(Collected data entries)
-- Opening Marker --

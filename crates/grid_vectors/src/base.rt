//! The laws of joined symmetries, and where the lists of symmetries and of directions have each.
use grid::Direction;
use grid_base::Symmetry;
use grid_base::laws::{identity_is_neutral, inverse_undoes, stands_in_all, then_is_associative};
use grid_near::laws::{stands_among_four, stands_in_all as direction_stands_in_all};
use test_support::fixtures::SYMMETRIES;

#[test]
fn joined_symmetries_are_a_group(rt: HostRuntime) {
    for first in SYMMETRIES {
        assert_eq!(rt; identity_is_neutral(first), (first, first));
        assert_eq!(rt;
            inverse_undoes(first),
            (Symmetry::Identity, Symmetry::Identity)
        );
        for second in SYMMETRIES {
            for third in SYMMETRIES {
                let (left, right) = then_is_associative(first, second, third);
                assert_eq!(rt; left, right);
            }
        }
    }
}

#[test]
fn all_symmetries_stand_in_their_order(rt: HostRuntime) {
    for (place, symmetry) in SYMMETRIES.iter().enumerate() {
        assert_eq!(rt; stands_in_all(*symmetry), place);
    }
}

#[test]
fn all_directions_stand_in_their_order(rt: HostRuntime) {
    for (place, way) in Direction::ALL.iter().enumerate() {
        assert_eq!(rt; direction_stands_in_all(*way), place);
        assert_eq!(rt; stands_among_four(*way), place / 2);
    }
}
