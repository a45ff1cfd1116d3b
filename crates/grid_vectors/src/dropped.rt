//! Iterators over strings, each dropped after one item from each end that it has. The grid is read or edited again.
use grid::{Grid, GridLineIter, GridRowIter, Order};
use std::alloc::{AllocError, Global};
use std::process::Abort;
use std::slice;
use std::test::Fail;
use test_support::fixtures::{has_texts, letters};

fn is_text(cell: Option<&String>, want: &str) -> bool {
    match cell {
        Some(text) => text.as_str() == want,
        None => false,
    }
}

// Writes a mark into a text that was handed out.
fn mark(cell: Option<&mut String>, with: &str) -> Result<(), AllocError> {
    match cell {
        Some(text) => text.push_str(with),
        None => Ok(()),
    }
}

// Marks both ends of an iterator over all cells for writing.
fn mark_ends(
    mut iter: slice::IterMut<'_, String>,
    first: &str,
    last: &str,
) -> Result<(), AllocError> {
    mark(iter.next(), first)?;
    mark(iter.next_back(), last)
}

// Marks the first cell of an iterator with positions.
fn mark_first(grid: &mut Grid<String>, with: &str) -> Result<(), AllocError> {
    let mut iter = grid.indexed_iter_mut();
    match iter.next() {
        Some((_, text)) => text.push_str(with),
        None => Ok(()),
    }
}

// Iterators over all cells for writing, each of which writes into what it hands out.
fn write_ends(grid: &mut Grid<String>) -> Result<(), AllocError> {
    mark_ends(grid.iter_mut(), "1", "2")?;
    mark_ends((&mut *grid).into_iter(), "3", "4")?;
    mark_first(grid, "5")
}

// Adds the text of a cell that was handed out.
fn add(text: &mut String, cell: Option<&String>) -> Result<(), AllocError> {
    match cell {
        Some(cell) => text.push_str(cell.as_str()),
        None => text.push_str("?"),
    }
}

// Adds those of both ends of a line.
fn add_ends(text: &mut String, line: Option<GridLineIter<'_, String>>) -> Result<(), AllocError> {
    match line {
        Some(mut line) => {
            add(text, line.next())?;
            add(text, line.next_back())
        }
        None => text.push_str("?"),
    }
}

// Adds those of the first line and of the last.
fn add_lines(text: &mut String, mut lines: GridRowIter<'_, String>) -> Result<(), AllocError> {
    add_ends(text, lines.next())?;
    add_ends(text, lines.next_back())
}

// Reads both ends of all cells, by the call and by reference, and the first cell with its position.
fn read_cells(grid: &Grid<String>, text: &mut String) -> Result<(), AllocError> {
    let mut cells = grid.iter();
    add(text, cells.next())?;
    add(text, cells.next_back())?;
    let mut cells = grid.into_iter();
    add(text, cells.next())?;
    add(text, cells.next_back())?;
    add(text, grid.indexed_iter().next().map(|(_, cell)| cell))
}

// Reads the first and the last line, then the second row and the second column.
fn read_lines(rt: &impl Abort, grid: &Grid<String>, text: &mut String) -> Result<(), AllocError> {
    add_lines(text, grid.iter_rows())?;
    add_lines(text, grid.iter_cols())?;
    assert!(rt; 1 < grid.rows());
    add_ends(text, Some(grid.iter_row(1)))?;
    assert!(rt; 1 < grid.cols());
    add_ends(text, Some(grid.iter_col(1)))
}

// Reads the first of the cells around the second cell of the first row.
fn read_near(rt: &impl Abort, grid: &Grid<String>, text: &mut String) -> Result<(), AllocError> {
    let there = 0 < grid.rows() && 1 < grid.cols();
    assert!(rt; there);
    add(text, grid.neighbors4((0, 1)).next().map(|(_, cell)| cell))?;
    add(text, grid.neighbors8((0, 1)).next().map(|(_, cell)| cell))?;
    add(
        text,
        grid.wrapped_neighbors4((0, 1)).next().map(|(_, cell)| cell),
    )?;
    add(
        text,
        grid.wrapped_neighbors8((0, 1)).next().map(|(_, cell)| cell),
    )
}

fn check_reading(rt: &impl Abort, alloc: Global, order: Order) -> Result<(), Fail> {
    let grid = letters(alloc, order)?;
    let mut text = String::new(alloc);
    read_cells(&grid, &mut text)?;
    read_lines(rt, &grid, &mut text)?;
    read_near(rt, &grid, &mut text)?;
    assert_eq!(rt; text.as_str(), "afafaacdfadcfdfbeaaed");
    Ok(())
}

#[test]
fn reading(rt: HostRuntime) -> Result<(), Fail> {
    for order in [Order::RowMajor, Order::ColumnMajor] {
        check_reading(&rt, rt.alloc(), order)?;
    }
    Ok(())
}

// Iterators along the second row and the second column.
fn write_lines(rt: &impl Abort, grid: &mut Grid<String>) -> Result<(), AllocError> {
    assert!(rt; 1 < grid.rows());
    mark(grid.iter_row_mut(1).next(), "6")?;
    assert!(rt; 1 < grid.cols());
    mark(grid.iter_col_mut(1).next(), "7")
}

fn check_writing(
    rt: &impl Abort,
    alloc: Global,
    order: Order,
    turned: &[&str],
) -> Result<(), Fail> {
    let mut grid = letters(alloc, order)?;
    write_ends(&mut grid)?;
    write_lines(rt, &mut grid)?;
    grid.rotate_half();
    assert!(rt; has_texts(&grid, order, turned));
    Ok(())
}

#[test]
fn writing(rt: HostRuntime) -> Result<(), Fail> {
    let by_rows = ["f24", "e", "d6", "c", "b7", "a135"];
    check_writing(&rt, rt.alloc(), Order::RowMajor, by_rows.as_slice())?;
    let by_columns = ["f24", "c", "e", "b7", "d6", "a135"];
    check_writing(&rt, rt.alloc(), Order::ColumnMajor, by_columns.as_slice())
}

// An iterator by value is dropped with the cells that are left.
fn gives_ends(grid: Grid<String>) -> bool {
    let mut iter = grid.into_iter();
    is_text(iter.next().as_ref(), "a") && is_text(iter.next_back().as_ref(), "f")
}

fn gives_first(grid: Grid<String>) -> bool {
    let mut iter = grid.indexed_into_iter();
    let first = match iter.next() {
        Some((at, text)) => at == (0, 0) && text.as_str() == "a",
        None => false,
    };
    first && iter.size_hint() == (5, Some(5))
}

#[test]
fn by_value(rt: HostRuntime) -> Result<(), Fail> {
    for order in [Order::RowMajor, Order::ColumnMajor] {
        assert!(rt; gives_ends(letters(rt.alloc(), order)?));
        assert!(rt; gives_first(letters(rt.alloc(), order)?));
    }
    Ok(())
}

-- Closing Marker --

== Exercise description ==
With the line that contains "first && iter.size_hint() == (5, Some(5))" as the first and the final line of the data as the last, repeat every line in that span exactly.

== Exercise solution ==
    first && iter.size_hint() == (5, Some(5))
}

#[test]
fn by_value(rt: HostRuntime) -> Result<(), Fail> {
    for order in [Order::RowMajor, Order::ColumnMajor] {
        assert!(rt; gives_ends(letters(rt.alloc(), order)?));
        assert!(rt; gives_first(letters(rt.alloc(), order)?));
    }
    Ok(())
}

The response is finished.